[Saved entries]
--- START ---
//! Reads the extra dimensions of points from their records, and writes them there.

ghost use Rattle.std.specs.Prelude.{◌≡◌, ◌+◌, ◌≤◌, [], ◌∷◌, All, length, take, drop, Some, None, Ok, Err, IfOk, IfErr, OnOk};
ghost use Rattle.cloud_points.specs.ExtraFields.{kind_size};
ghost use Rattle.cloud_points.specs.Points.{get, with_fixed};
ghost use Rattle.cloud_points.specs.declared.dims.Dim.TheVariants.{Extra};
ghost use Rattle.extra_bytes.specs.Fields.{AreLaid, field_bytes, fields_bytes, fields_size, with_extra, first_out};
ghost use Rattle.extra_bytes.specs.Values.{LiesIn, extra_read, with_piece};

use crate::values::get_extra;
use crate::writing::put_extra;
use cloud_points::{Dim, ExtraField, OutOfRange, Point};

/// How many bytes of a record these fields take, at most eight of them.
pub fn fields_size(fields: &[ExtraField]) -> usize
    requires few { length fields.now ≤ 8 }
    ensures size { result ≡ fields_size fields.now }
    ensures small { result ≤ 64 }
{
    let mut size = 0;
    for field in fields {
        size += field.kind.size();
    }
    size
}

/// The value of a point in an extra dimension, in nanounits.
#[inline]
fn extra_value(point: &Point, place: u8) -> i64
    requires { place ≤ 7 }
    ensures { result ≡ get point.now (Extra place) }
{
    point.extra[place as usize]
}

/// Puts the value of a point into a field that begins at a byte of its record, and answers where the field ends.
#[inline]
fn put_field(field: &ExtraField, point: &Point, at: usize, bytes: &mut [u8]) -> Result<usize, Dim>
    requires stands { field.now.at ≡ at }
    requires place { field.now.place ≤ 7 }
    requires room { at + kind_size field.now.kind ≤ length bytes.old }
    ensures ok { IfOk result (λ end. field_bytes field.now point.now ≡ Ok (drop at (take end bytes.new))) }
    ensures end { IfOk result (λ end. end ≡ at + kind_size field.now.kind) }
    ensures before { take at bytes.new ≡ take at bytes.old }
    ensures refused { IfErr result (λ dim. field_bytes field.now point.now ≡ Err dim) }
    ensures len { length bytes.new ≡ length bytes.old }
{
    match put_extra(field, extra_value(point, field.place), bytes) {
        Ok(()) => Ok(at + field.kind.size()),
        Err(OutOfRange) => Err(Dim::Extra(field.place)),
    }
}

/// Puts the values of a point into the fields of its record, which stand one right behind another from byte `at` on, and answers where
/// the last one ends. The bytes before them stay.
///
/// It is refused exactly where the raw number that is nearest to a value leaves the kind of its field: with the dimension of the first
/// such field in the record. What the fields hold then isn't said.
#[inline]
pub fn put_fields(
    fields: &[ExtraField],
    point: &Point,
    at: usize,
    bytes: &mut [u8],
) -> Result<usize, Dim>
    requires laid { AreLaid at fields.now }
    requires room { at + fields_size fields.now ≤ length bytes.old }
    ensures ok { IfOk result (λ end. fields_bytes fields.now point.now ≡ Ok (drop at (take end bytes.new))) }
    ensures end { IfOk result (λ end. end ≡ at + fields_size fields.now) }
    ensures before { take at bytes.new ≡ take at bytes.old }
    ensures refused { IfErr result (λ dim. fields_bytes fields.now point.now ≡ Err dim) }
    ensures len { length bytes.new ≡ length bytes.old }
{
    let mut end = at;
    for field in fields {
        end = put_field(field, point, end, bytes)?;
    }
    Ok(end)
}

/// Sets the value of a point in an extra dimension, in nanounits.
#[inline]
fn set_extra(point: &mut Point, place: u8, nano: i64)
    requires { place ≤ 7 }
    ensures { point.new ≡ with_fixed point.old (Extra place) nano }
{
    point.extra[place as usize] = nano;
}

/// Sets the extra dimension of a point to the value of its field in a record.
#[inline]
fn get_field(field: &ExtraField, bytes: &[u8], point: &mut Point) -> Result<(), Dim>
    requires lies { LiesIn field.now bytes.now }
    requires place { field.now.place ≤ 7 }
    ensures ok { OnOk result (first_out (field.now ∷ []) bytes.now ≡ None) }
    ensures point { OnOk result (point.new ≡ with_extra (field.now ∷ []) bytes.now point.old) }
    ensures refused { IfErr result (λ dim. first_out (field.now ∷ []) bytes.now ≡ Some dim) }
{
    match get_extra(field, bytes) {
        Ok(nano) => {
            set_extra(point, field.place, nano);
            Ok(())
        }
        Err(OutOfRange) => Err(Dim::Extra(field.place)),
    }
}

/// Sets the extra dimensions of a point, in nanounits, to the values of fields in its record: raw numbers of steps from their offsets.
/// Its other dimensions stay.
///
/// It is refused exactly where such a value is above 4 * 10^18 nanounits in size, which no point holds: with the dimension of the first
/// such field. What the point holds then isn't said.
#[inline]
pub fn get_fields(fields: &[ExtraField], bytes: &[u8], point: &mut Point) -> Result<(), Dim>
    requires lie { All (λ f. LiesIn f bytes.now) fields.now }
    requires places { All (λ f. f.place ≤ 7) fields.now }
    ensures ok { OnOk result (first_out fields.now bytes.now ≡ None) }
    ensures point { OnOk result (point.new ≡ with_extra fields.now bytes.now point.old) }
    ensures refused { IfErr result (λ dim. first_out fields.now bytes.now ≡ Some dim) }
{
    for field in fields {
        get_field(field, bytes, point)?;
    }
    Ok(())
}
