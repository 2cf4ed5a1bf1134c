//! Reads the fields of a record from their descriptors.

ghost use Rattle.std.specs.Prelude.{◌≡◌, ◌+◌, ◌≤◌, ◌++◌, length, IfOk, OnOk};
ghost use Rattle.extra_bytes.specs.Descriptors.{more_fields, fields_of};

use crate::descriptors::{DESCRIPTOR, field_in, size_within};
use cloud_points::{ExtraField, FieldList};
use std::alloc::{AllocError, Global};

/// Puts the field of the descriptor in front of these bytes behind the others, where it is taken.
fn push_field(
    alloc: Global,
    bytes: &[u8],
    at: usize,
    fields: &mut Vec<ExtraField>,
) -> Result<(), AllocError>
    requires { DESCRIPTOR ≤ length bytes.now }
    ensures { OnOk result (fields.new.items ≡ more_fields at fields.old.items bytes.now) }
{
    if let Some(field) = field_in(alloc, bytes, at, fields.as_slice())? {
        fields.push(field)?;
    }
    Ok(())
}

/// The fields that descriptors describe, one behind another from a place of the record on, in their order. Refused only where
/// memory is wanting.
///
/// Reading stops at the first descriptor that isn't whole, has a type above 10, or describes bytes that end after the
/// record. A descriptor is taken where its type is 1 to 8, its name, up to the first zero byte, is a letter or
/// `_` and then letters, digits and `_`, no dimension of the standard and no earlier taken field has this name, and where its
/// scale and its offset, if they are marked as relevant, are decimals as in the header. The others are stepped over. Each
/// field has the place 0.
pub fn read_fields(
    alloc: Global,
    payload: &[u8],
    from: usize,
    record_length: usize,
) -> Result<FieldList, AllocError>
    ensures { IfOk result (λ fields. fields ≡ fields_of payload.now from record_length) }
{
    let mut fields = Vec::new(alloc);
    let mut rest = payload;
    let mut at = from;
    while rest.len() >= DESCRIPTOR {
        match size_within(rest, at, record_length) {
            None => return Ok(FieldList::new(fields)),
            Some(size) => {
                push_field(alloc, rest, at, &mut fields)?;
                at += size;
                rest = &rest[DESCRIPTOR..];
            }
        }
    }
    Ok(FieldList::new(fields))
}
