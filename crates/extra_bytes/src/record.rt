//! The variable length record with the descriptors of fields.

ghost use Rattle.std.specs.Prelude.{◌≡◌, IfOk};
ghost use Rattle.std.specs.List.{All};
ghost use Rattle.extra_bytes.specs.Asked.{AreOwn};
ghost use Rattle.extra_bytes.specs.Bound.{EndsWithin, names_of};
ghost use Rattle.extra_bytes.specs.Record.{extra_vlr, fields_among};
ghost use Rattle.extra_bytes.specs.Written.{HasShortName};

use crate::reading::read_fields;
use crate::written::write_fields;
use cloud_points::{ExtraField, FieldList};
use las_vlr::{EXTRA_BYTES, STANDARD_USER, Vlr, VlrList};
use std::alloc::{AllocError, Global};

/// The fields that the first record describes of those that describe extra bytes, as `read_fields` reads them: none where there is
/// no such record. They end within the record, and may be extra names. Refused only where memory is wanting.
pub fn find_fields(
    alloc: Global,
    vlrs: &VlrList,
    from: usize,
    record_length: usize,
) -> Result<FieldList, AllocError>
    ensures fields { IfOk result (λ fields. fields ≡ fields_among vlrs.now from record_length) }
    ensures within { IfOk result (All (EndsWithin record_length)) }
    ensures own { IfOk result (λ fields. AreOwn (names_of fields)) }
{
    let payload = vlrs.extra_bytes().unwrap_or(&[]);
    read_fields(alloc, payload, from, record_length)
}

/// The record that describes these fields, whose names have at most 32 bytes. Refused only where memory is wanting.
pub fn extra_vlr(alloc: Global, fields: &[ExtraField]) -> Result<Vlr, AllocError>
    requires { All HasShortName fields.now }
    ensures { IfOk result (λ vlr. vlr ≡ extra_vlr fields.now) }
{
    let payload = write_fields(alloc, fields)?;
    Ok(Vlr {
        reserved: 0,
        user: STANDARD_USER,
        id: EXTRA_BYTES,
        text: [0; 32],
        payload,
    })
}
--- END ---
**The problem**
Among the lines of the data, identify those with the word "vlrs". Copy each of them.

**Solution below**
    vlrs: &VlrList,
    ensures fields { IfOk result (λ fields. fields ≡ fields_among vlrs.now from record_length) }
    let payload = vlrs.extra_bytes().unwrap_or(&[]);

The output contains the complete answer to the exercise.